EchoStar will purchase Voom's only satellite, launched by Cablevision in 2003, and other equipment. Cablevision will continue trying to sell Voom's other assets, including valuable slots for satellites to orbit, which could fetch tens of millions of additional dollars. But the cable operator is unlikely to come close to recovering its investment in the business, estimated at more than $500 million.
Cablevision said in a press release that it would continue to provide service to Voom's roughly 26,000 subscribers "during a transition period." A spokesman declined further comment. James and Charles Dolan couldn't be reached.
EchoStar, the country's second-largest satellite-TV operator, has long been seen as the most logical buyer of Voom's assets. Charles Ergen, the company's chairman and chief executive, for months has been weighing alternatives to compete more effectively against the deeper pockets of DirecTV Group Inc., the largest satellite operator.
The deal with Cablevision could alleviate the concerns of investors worried about EchoStar's ability to keep up with DirecTV in providing additional high-definition programming.
Mr. Ergen negotiated what industry officials said was a surprisingly low price for a powerful, two-year-old satellite with no known defects and more than 16 years left in orbit.
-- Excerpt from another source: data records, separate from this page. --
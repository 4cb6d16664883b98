// The source's remaining accessors, as queries on a handed-in graph. The rules are in specs/.
#![tactic(auto)]

ghost use Rattle.std.specs.Prelude.{◌≡◌, ◌≤◌};
ghost use Rattle.graph.specs.Dag.{at_qubit, entries_of};
ghost use Rattle.accessors.specs.Keys.{FirstWith};
ghost use Rattle.accessors.specs.Accessors.{operation_of, node_of_key, get as get_rule, commuting_operations};
ghost use Rattle.accessors.specs.Accessors.{first_parallel_block, last_parallel_block};
ghost use Rattle.accessors.specs.Accessors.{first_involving_qubit, last_involving_qubit, first_involving_classical, last_involving_classical};

use file::{Refusal, RegisterKey};
use graph::{CircuitDag, End, NodeIndex, Qubit, Registers, check_sound};
use queries::{answer_list, answer_marked};

// What a node keeps.
#[repr(C)]
#[derive(Clone, Copy, Debug, Default, PartialEq, Eq)]
pub struct KeptNode {
    pub kind: u8,
    pub form: u8,
    pub label: u16,
    pub place: i16,
}

// What node v keeps.
#[tactic(auto, unfolding(crate::specs::Accessors::get))]
pub fn get(g: CircuitDag, v: NodeIndex) -> Result<KeptNode, Refusal>
    ensures { result ≡ get_rule g v.0 }
{
    check_sound(g)?;
    let i = usize::from(v.0);
    if g.nodes.count <= i {
        return Err(Refusal::Absent);
    }
    Ok(KeptNode {
        kind: g.nodes.kind[i],
        form: g.nodes.form[i],
        label: g.nodes.label[i],
        place: g.nodes.place[i],
    })
}

// The commuting list.
#[tactic(auto, unfolding(crate::specs::Accessors::commuting_operations))]
pub fn commuting_operations(g: CircuitDag, buffer: &mut [u16]) -> Result<usize, Refusal>
    ensures { record { answer = result; buffer = buffer.new } ≡ commuting_operations g buffer.old }
{
    check_sound(g)?;
    answer_list(&g.commuting.list[..g.commuting.count], buffer)
}

// The two functions for the two blocks, and those for first and last operations below, have the source's names; what
// they share is `answer_marked`, `at_qubit` and `at_key`.

// The nodes of the first block, ascending.
#[tactic(auto, unfolding(crate::specs::Accessors::first_parallel_block))]
pub fn first_parallel_block(g: CircuitDag, buffer: &mut [u16]) -> Result<usize, Refusal>
    ensures { record { answer = result; buffer = buffer.new } ≡ first_parallel_block g buffer.old }
{
    check_sound(g)?;
    answer_marked(g.first.block, buffer)
}

// The nodes of the last block, ascending.
#[tactic(auto, unfolding(crate::specs::Accessors::last_parallel_block))]
pub fn last_parallel_block(g: CircuitDag, buffer: &mut [u16]) -> Result<usize, Refusal>
    ensures { record { answer = result; buffer = buffer.new } ≡ last_parallel_block g buffer.old }
{
    check_sound(g)?;
    answer_marked(g.last.block, buffer)
}

// The operation that an end's map has at a qubit: 65535 is none there, as in all arrays of the graph.
fn at_qubit(end: End, q: Qubit) -> Option<NodeIndex>
    ensures { result ≡ operation_of (at_qubit end q.0) }
{
    match end.node.get(usize::from(q.0)) {
        Some(&v) if v != 65535 => Some(NodeIndex(v)),
        _ => None,
    }
}

// The first operation that involves a qubit.
#[tactic(auto, unfolding(crate::specs::Accessors::first_involving_qubit))]
pub fn first_operation_involving_qubit(
    g: CircuitDag,
    q: Qubit,
) -> Result<Option<NodeIndex>, Refusal>
    ensures { result ≡ first_involving_qubit g q.0 }
{
    check_sound(g)?;
    Ok(at_qubit(g.first, q))
}

// The last operation that involves a qubit.
#[tactic(auto, unfolding(crate::specs::Accessors::last_involving_qubit))]
pub fn last_operation_involving_qubit(g: CircuitDag, q: Qubit) -> Result<Option<NodeIndex>, Refusal>
    ensures { result ≡ last_involving_qubit g q.0 }
{
    check_sound(g)?;
    Ok(at_qubit(g.last, q))
}

// The first position in a register map that has a key.
fn position_of(r: &Registers, key: RegisterKey) -> Option<usize>
    requires { r.now.count ≤ 256 }
    ensures { FirstWith r.now key result }
{
    (0..r.count).find(|i| {
        RegisterKey {
            name: r.name[*i],
            index: r.index[*i],
        } == key
    })
}

// The operation that a register map has at a key.
fn at_key(r: Registers, key: RegisterKey) -> Option<NodeIndex>
    requires { r.count ≤ 256 }
    ensures { result ≡ node_of_key key (entries_of r) }
{
    let i = position_of(&r, key)?;
    Some(NodeIndex(r.node[i]))
}

// The first operation that involves a classical register's entry.
#[tactic(auto, unfolding(crate::specs::Accessors::first_involving_classical))]
pub fn first_operation_involving_classical(
    g: CircuitDag,
    key: RegisterKey,
) -> Result<Option<NodeIndex>, Refusal>
    ensures { result ≡ first_involving_classical g key }
{
    check_sound(g)?;
    Ok(at_key(g.first_registers, key))
}

// The last operation that involves a classical register's entry.
#[tactic(auto, unfolding(crate::specs::Accessors::last_involving_classical))]
pub fn last_operation_involving_classical(
    g: CircuitDag,
    key: RegisterKey,
) -> Result<Option<NodeIndex>, Refusal>
    ensures { result ≡ last_involving_classical g key }
{
    check_sound(g)?;
    Ok(at_key(g.last_registers, key))
}
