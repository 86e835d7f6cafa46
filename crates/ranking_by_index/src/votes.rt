// The votes for one direction with an index of the star pairs: by the index where it has every pair that could agree, else by the full catalogue. Both
// fill the same counters. The floor is moved up by 2^63.
mod by_catalogue;
mod by_index;
mod ends;
mod split;

ghost use Rattle.std.specs.Prelude.{◌≡◌, ◌<◌, ◌≤◌};
ghost use Rattle.vectors.specs.Triples.{triples};
ghost use Rattle.ranking_votes.specs.Votes.{counters_of};
ghost use Rattle.catalogue_index.specs.Index.{bytes_from};

use crate::votes::split::Split;
use ranking_votes::ballot::Ballot;

// A ballot, and the index of its stars for a floor.
#[derive(Clone, Copy)]
pub struct Indexed<'d, 's, 'i> {
    pub ballot: Ballot<'d, 's>,
    pub index: &'i [u8],
    pub floor: u64,
    pub ghost tolerance_bound: { ballot.tolerance ≤ 10000000000000000 },
    pub ghost index_value: { index.now ≡ bytes_from ballot.stars.now floor },
}

// The votes of each star for direction i. The part that reads the index is not lent the catalogue.
pub fn votes_for(indexed: &Indexed, i: usize) -> [u32; 512]
    requires { i < triples indexed.now.ballot.directions.now }
    ensures { result ≡ counters_of indexed.now.ballot.directions.now indexed.now.ballot.stars.now indexed.now.ballot.tolerance i }
{
    let ballot = indexed.ballot;
    let products = ranking_votes::products_of(ballot.directions, i);
    let split = Split {
        products: &products[..ballot.count()],
        i,
        tolerance: ballot.tolerance,
        floor: indexed.floor,
    };
    let mut votes = [0u32; 512];
    by_index::vote_above(&split, indexed.index, &mut votes);
    by_catalogue::vote_below(&split, ballot.stars, &mut votes);
    votes
}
It cost about $250 million to build and put the satellite into orbit, while EchoStar has avoided the risk of a launch failure and early operational malfunctions.
Voom began selling its service in late 2003, but it got off to a bad start, burning through $75.3 million in cash in the third quarter of last year. Voom's strategy was to offer more high-definition channels than cable companies and other satellite operators. But this failed to attract much demand, especially as competitors added more high-definition offerings. Crutchfield Corp., a large retailer of television and audio equipment, recently stopped selling Voom.
Cablevision, the nation's sixth-largest cable network, also owns Madison Square Garden, the New York Knicks and the New York Rangers. Its shares continued to rally yesterday on investor confidence that the company will soon stop funding Voom's deficits. In 4 p.m. composite trading on the New York Stock Exchange, shares were up $1.10, or 4.5%, at $25.48.
The decision to sell Voom marks the first time that James Dolan has publicly stood up to his father after working for years in his shadow. Until now, James Dolan was primarily known for the ho-hum performance of Cablevision's sports teams and his high-profile battles with other prominent New Yorkers. Most recently he has fought New York Mayor Michael Bloomberg over the city's efforts to build a new stadium on Manhattan's West Side that would compete with Madison Square Garden.